PROVIDED ENTRIES START

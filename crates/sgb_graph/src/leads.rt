//! Where the arc records of a graph lead, and their lengths, in little memory: 12 bytes for each where all lead to vertices,
//! and 32 bits keep all numbers and lengths; else 24 for each.
ghost use Rattle.std.specs.Prelude.{◌≡◌, ◌<◌, ◌+◌, ◌%◌, ◌++◌, ◌^◌, [], ◌∷◌, length, map, nat_abs, slice_get, None, Ok, Some, IfOk, IfSome, OnOk, OnErr};
ghost use Rattle.std.specs.List.{list_all};
ghost use Rattle.std.specs.Bool.{OnTrue};
ghost use Rattle.sgb_graph.specs.inner.KeptRecords.{ArePlain, kept_number, plain_fits, plain_of, plain_records, short_fits, short_of, wide};

use crate::fields::Ref;
use crate::kept_numbers::{keep_number, read_number};
use crate::ranges::{chain_fits, ref_fits};
use std::alloc::{AllocError, Global};

// Where a record leads, the number of the next one, and its length.
#[derive(Clone, Copy)]
pub(crate) struct PlainRecord {
    pub(crate) len: i64,
    pub(crate) next: usize,
    pub(crate) tip: Ref,
}

// The same of one that leads to a vertex, in 32 bits each.
#[derive(Clone, Copy)]
pub(crate) struct ShortRecord {
    len: i32,
    next: u32,
    tip: u32,
}

const _: () = prove!(size_of::<PlainRecord>() == 24);

const _: () = prove!(size_of::<ShortRecord>() == 12);

// Where records lead, one after another: all in 32 bits each, or none.
pub(crate) enum Leads {
    Short(Vec<ShortRecord>),
    Plain(Vec<PlainRecord>),
}

// One function drops them. A derived drop would be a case for each wherever records are dropped.
impl Drop for Leads {
    fn drop(self) {
        match self {
            Leads::Short(_) => {}
            Leads::Plain(_) => {}
        }
    }
}

impl PlainRecord {
    // A record that leads to this tip, before the one given.
    pub(crate) fn new(tip: Ref, after: Option<usize>, len: i64) -> PlainRecord
        requires { IfSome after (λ k. k + 1 < 2 ^ 64) }
        ensures tip { result.tip ≡ tip }
        ensures next { kept_number result.next ≡ after }
        ensures len { result.len ≡ len }
    {
        PlainRecord {
            len,
            next: keep_number(after),
            tip,
        }
    }

    // The record in 32 bits each.
    #[inline(always)]
    fn short(self) -> ShortRecord
        requires { nat_abs self.len < 2 ^ 31 }
        ensures { result ≡ short_of self }
    {
        let tip = match self.tip {
            Ref::At(v) => v,
            _ => 0,
        };
        ShortRecord {
            len: self.len as i32,
            next: narrow(self.next),
            tip,
        }
    }

    // Whether nothing is lost so.
    #[inline(always)]
    fn is_short(self) -> bool
        ensures len { OnTrue result (nat_abs self.len < 2 ^ 31) }
        ensures kept { OnTrue result (plain_of (short_of self) ≡ self) }
    {
        match self.tip {
            Ref::At(_) => {
                self.len.unsigned_abs() < 1 << 31 && wide(narrow(self.next)) == self.next
            }
            _ => false,
        }
    }

    // Whether the record leads to one of n vertices, or none, before one of m records, or none.
    fn fits(&self, n: usize, m: usize) -> bool
        ensures { result ≡ plain_fits n m self.now }
    {
        ref_fits(n, self.tip) && chain_fits(m, read_number(self.next))
    }
}

impl ShortRecord {
    // The record as others are kept.
    #[inline(always)]
    fn plain(self) -> PlainRecord
        ensures { result ≡ plain_of self }
    {
        PlainRecord {
            len: i64::from(self.len),
            next: wide(self.next),
            tip: Ref::At(self.tip),
        }
    }

    // Whether the record leads to one of n vertices, before one of m records, or none.
    fn fits(&self, n: usize, m: usize) -> bool
        ensures { result ≡ short_fits n m self.now }
    {
        ref_fits(n, Ref::At(self.tip)) && chain_fits(m, read_number(wide(self.next)))
    }
}

// The last 32 bits of a word.
#[inline(always)]
fn narrow(word: usize) -> u32
    ensures { result ≡ word % 2 ^ 32 }
{
    (word % (1 << 32)) as u32
}

// The word that keeps the number which these 32 bits keep: the greatest of them stands for none too.
#[inline(always)]
fn wide(short: u32) -> usize
    ensures { result ≡ wide short }
{
    if short == u32::MAX {
        return usize::MAX;
    }
    short as usize
}

impl Leads {
    // No records. It takes no memory.
    pub(crate) fn new(alloc: Global) -> Leads
        ensures { plain_records result ≡ [] }
    {
        Leads::Short(Vec::new(alloc))
    }

    // The number of records.
    #[inline(always)]
    pub(crate) fn len(&self) -> usize
        ensures count { result ≡ length (plain_records self.now) }
        ensures small { result < 2 ^ 63 }
    {
        match self {
            Leads::Short(records) => records.len(),
            Leads::Plain(records) => records.len(),
        }
    }

    // Record k, below the number of records.
    #[inline(always)]
    pub(crate) fn at(&self, k: usize) -> PlainRecord
        requires { k < length (plain_records self.now) }
        ensures { slice_get (plain_records self.now) k ≡ Some result }
    {
        match self {
            Leads::Short(records) => records[k].plain(),
            Leads::Plain(records) => records[k],
        }
    }

    // Whether each record leads to one of n vertices, or none, before one of m records, or none.
    pub(crate) fn fit(&self, n: usize, m: usize) -> bool
        ensures { result ≡ list_all (plain_fits n m) (plain_records self.now) }
    {
        match self {
            Leads::Short(records) => each_short_fits(records, n, m),
            Leads::Plain(records) => each_fits(records, n, m),
        }
    }

    // Takes room for so many records more. The records stay, whether there is room or not.
    pub(crate) fn reserve(&mut self, count: usize) -> Result<(), AllocError>
        ensures { plain_records self.new ≡ plain_records self.old }
    {
        match self {
            Leads::Short(records) => records.reserve(count),
            Leads::Plain(records) => records.reserve(count),
        }
    }

    // Puts a record after the others.
    #[inline(always)]
    pub(crate) fn push(&mut self, last: PlainRecord) -> Result<(), AllocError>
        ensures ok { OnOk result (plain_records self.new ≡ plain_records self.old ++ last ∷ []) }
        ensures err { OnErr result (plain_records self.new ≡ plain_records self.old) }
    {
        match self {
            Leads::Short(short) if last.is_short() => {
                short.reserve(1)?;
                short.push_reserved(last.short());
                Ok(())
            }
            _ => self.push_plain(last.tip, last.next, last.len),
        }
    }

    // Puts two records after the others, or neither.
    #[inline(always)]
    pub(crate) fn push_two(
        &mut self,
        first: PlainRecord,
        second: PlainRecord,
    ) -> Result<(), AllocError>
        ensures ok { OnOk result (plain_records self.new
            ≡ plain_records self.old ++ first ∷ second ∷ []) }
        ensures err { OnErr result (plain_records self.new ≡ plain_records self.old) }
    {
        match self {
            Leads::Short(short) if first.is_short() && second.is_short() => {
                short.reserve(2)?;
                short.push_reserved(first.short());
                short.push_reserved(second.short());
                Ok(())
            }
            _ => self.push_two_plain(first, second),
        }
    }

    // Puts any record after the others. It is handed over by its parts, so that one in 32 bits each is put together once.
    #[inline(never)]
    fn push_plain(&mut self, tip: Ref, next: usize, len: i64) -> Result<(), AllocError>
        ensures ok { OnOk result (plain_records self.new
            ≡ plain_records self.old ++ record { len = len; next = next; tip = tip } ∷ []) }
        ensures err { OnErr result (plain_records self.new ≡ plain_records self.old) }
    {
        self.make_plain()?;
        match self {
            Leads::Short(_) => {}
            Leads::Plain(records) => {
                records.reserve(1)?;
                records.push_reserved(PlainRecord { len, next, tip });
            }
        }
        Ok(())
    }

    // Puts any two records after the others, or neither.
    #[inline(never)]
    fn push_two_plain(&mut self, first: PlainRecord, second: PlainRecord) -> Result<(), AllocError>
        ensures ok { OnOk result (plain_records self.new
            ≡ plain_records self.old ++ first ∷ second ∷ []) }
        ensures err { OnErr result (plain_records self.new ≡ plain_records self.old) }
    {
        self.make_plain()?;
        match self {
            Leads::Short(_) => {}
            Leads::Plain(records) => {
                records.reserve(2)?;
                records.push_reserved(first);
                records.push_reserved(second);
            }
        }
        Ok(())
    }

    // Makes it such that any record can be put.
    fn make_plain(&mut self) -> Result<(), AllocError>
        ensures records { plain_records self.new ≡ plain_records self.old }
        ensures ready { OnOk result (ArePlain self.new) }
    {
        if let Some(records) = self.plain()? {
            *self = Leads::Plain(records);
        }
        Ok(())
    }

    // The records as others are kept, where they do not stand so.
    fn plain(&self) -> Result<Option<Vec<PlainRecord>>, AllocError>
        ensures some { IfOk result (λ plain. IfSome plain
            (λ records. records.items ≡ plain_records self.now)) }
        ensures none { result ≡ Ok None → ArePlain self.now }
    {
        match self {
            Leads::Short(records) => Ok(Some(plain_of(records)?)),
            Leads::Plain(_) => Ok(None),
        }
    }
}

// The records as others are kept, and room for as many as there was.
fn plain_of(short: &Vec<ShortRecord>) -> Result<Vec<PlainRecord>, AllocError>
    ensures { IfOk result (λ records. records.items ≡ map plain_of short.now.items) }
{
    let mut records = Vec::with_capacity(*short.allocator(), short.capacity())?;
    for record in short {
        records.push(record.plain())?;
    }
    Ok(records)
}

// Whether each record leads to one of n vertices, before one of m records, or none.
fn each_short_fits(records: &[ShortRecord], n: usize, m: usize) -> bool
    ensures { result ≡ list_all (short_fits n m) records.now }
{
    records.iter().all(|record| record.fits(n, m))
}

// Whether each record leads to one of n vertices, or none, before one of m records, or none.
fn each_fits(records: &[PlainRecord], n: usize, m: usize) -> bool
    ensures { result ≡ list_all (plain_fits n m) records.now }
{
    records.iter().all(|record| record.fits(n, m))
}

PROVIDED ENTRIES END

• EXERCISE BRIEF
From the entries, report each line that includes the word "IfSome".

• SOLUTION FOR THIS PROBLEM
ghost use Rattle.std.specs.Prelude.{◌≡◌, ◌<◌, ◌+◌, ◌%◌, ◌++◌, ◌^◌, [], ◌∷◌, length, map, nat_abs, slice_get, None, Ok, Some, IfOk, IfSome, OnOk, OnErr};
        requires { IfSome after (λ k. k + 1 < 2 ^ 64) }
        ensures some { IfOk result (λ plain. IfSome plain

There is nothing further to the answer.